Exercise goal:
This exercise calls for a copy of every line in the listing below that carries the word "specs".

Task data:
// The rows beside the tree: each closes a ring with it, and passes over the nodes whose own rows lie on that ring. Two
// such rows over one node are refused by 38.
ghost use Rattle.std.specs.Prelude.{ℕ, ◌≤◌, ◌<◌, ◌≡◌, ◌⊎◌, ◌≢◌, true, false, length};
ghost use Rattle.arrays.specs.At.{at};
ghost use Rattle.net.specs.Net.{first_end, second_end};
ghost use Rattle.mesh.specs.work.Rows.{MeshReadable};
ghost use Rattle.mesh.specs.work.Bands.{Later, NamedFrom, BandSizes, SomeRound, RoundEnd, SomeHung, PassesEnd};

use crate::hang::Tree;
use net::{first_end, second_end};

// Of two nodes the one that was hung up later.
fn later(place: &[u16; 256], x: usize, y: usize) -> usize
    requires { (x < 256) × (y < 256) }
    ensures { Later place.now x y result }
{
    if place[x] < place[y] { y } else { x }
}

// Names the band of the nodes that a row from p to q passes over: up from both ends to where they meet. False where one
// is of a band already.
fn round(tree: &Tree, p: usize, q: usize, over: &mut [u16; 256]) -> bool
    requires { SomeRound tree.now.par tree.now.place p q over.old }
    ensures { RoundEnd tree.now.par tree.now.place p q over.old over.new result }
{
    let band = later(&tree.place, p, q);
    let mut x = p;
    let mut y = q;
    while x != y {
        let z = later(&tree.place, x, y);
        if over[z] != 256 {
            return false;
        }
        over[z] = band as u16;
        y = x + y - z;
        x = usize::from(tree.par[z]);
    }
    true
}

// Neither of p and q is the other's parent; d and e are their parents.
fn extra(d: usize, e: usize, p: usize, q: usize) -> bool
    ensures { (result ≡ true → (d ≢ q) × (e ≢ p)) × (result ≡ false → (d ≡ q) ⊎ (e ≡ p)) }
{
    d != q && e != p
}

// For all rows that are no node's own; false as soon as two pass over one node.
pub(crate) fn passes(s: &[u8], rows: usize, tree: &Tree, over: &mut [u16; 256]) -> bool
    requires { MeshReadable s.now rows 256
        × SomeHung (first_end s.now) (second_end s.now) rows tree.now.par tree.now.place }
    ensures { PassesEnd (first_end s.now) (second_end s.now) rows tree.now.par tree.now.place over.new result }
{
    over.fill(256);
    for r in 0..rows {
        let p = first_end(s, r);
        let q = second_end(s, r);
        if extra(usize::from(tree.par[p]), usize::from(tree.par[q]), p, q)
            && !round(tree, p, q, over)
        {
            return false;
        }
    }
    true
}

// A node that no row passes over is a band by itself.
fn named(w: u16, x: usize) -> usize
    ensures { (w ≡ 256 → result ≡ x) × ((w ≡ 256 → ⊥) → result ≡ w) }
{
    if w == 256 { x } else { usize::from(w) }
}

// Each node's band, and how many nodes each band has. Before the bands are named `over` has 256, and no None, for a
// node that no row passes over: the named bands stand in the same places, and there every node has one.
#[derive(Drop)]
pub(crate) struct Bands {
    pub over: [u16; 256],
    pub size: [u16; 256],
}

// Names the bands of one node, and counts the nodes of each band.
pub(crate) fn sizes(n: usize, bands: &mut Bands)
    requires { (n ≤ 256) × (length bands.old.over ≡ 256) × ((x : ℕ) → x < n → at bands.old.over x ≤ 256) }
    ensures { NamedFrom n bands.old.over bands.new.over × (length bands.new.over ≡ 256)
        × BandSizes n bands.new.over bands.new.size }
{
    bands.size.fill(0);
    for x in 0..n {
        let g = named(bands.over[x], x);
        bands.over[x] = g as u16;
        bands.size[g] += 1;
    }
}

Answer section:
ghost use Rattle.std.specs.Prelude.{ℕ, ◌≤◌, ◌<◌, ◌≡◌, ◌⊎◌, ◌≢◌, true, false, length};
ghost use Rattle.arrays.specs.At.{at};
ghost use Rattle.net.specs.Net.{first_end, second_end};
ghost use Rattle.mesh.specs.work.Rows.{MeshReadable};
ghost use Rattle.mesh.specs.work.Bands.{Later, NamedFrom, BandSizes, SomeRound, RoundEnd, SomeHung, PassesEnd};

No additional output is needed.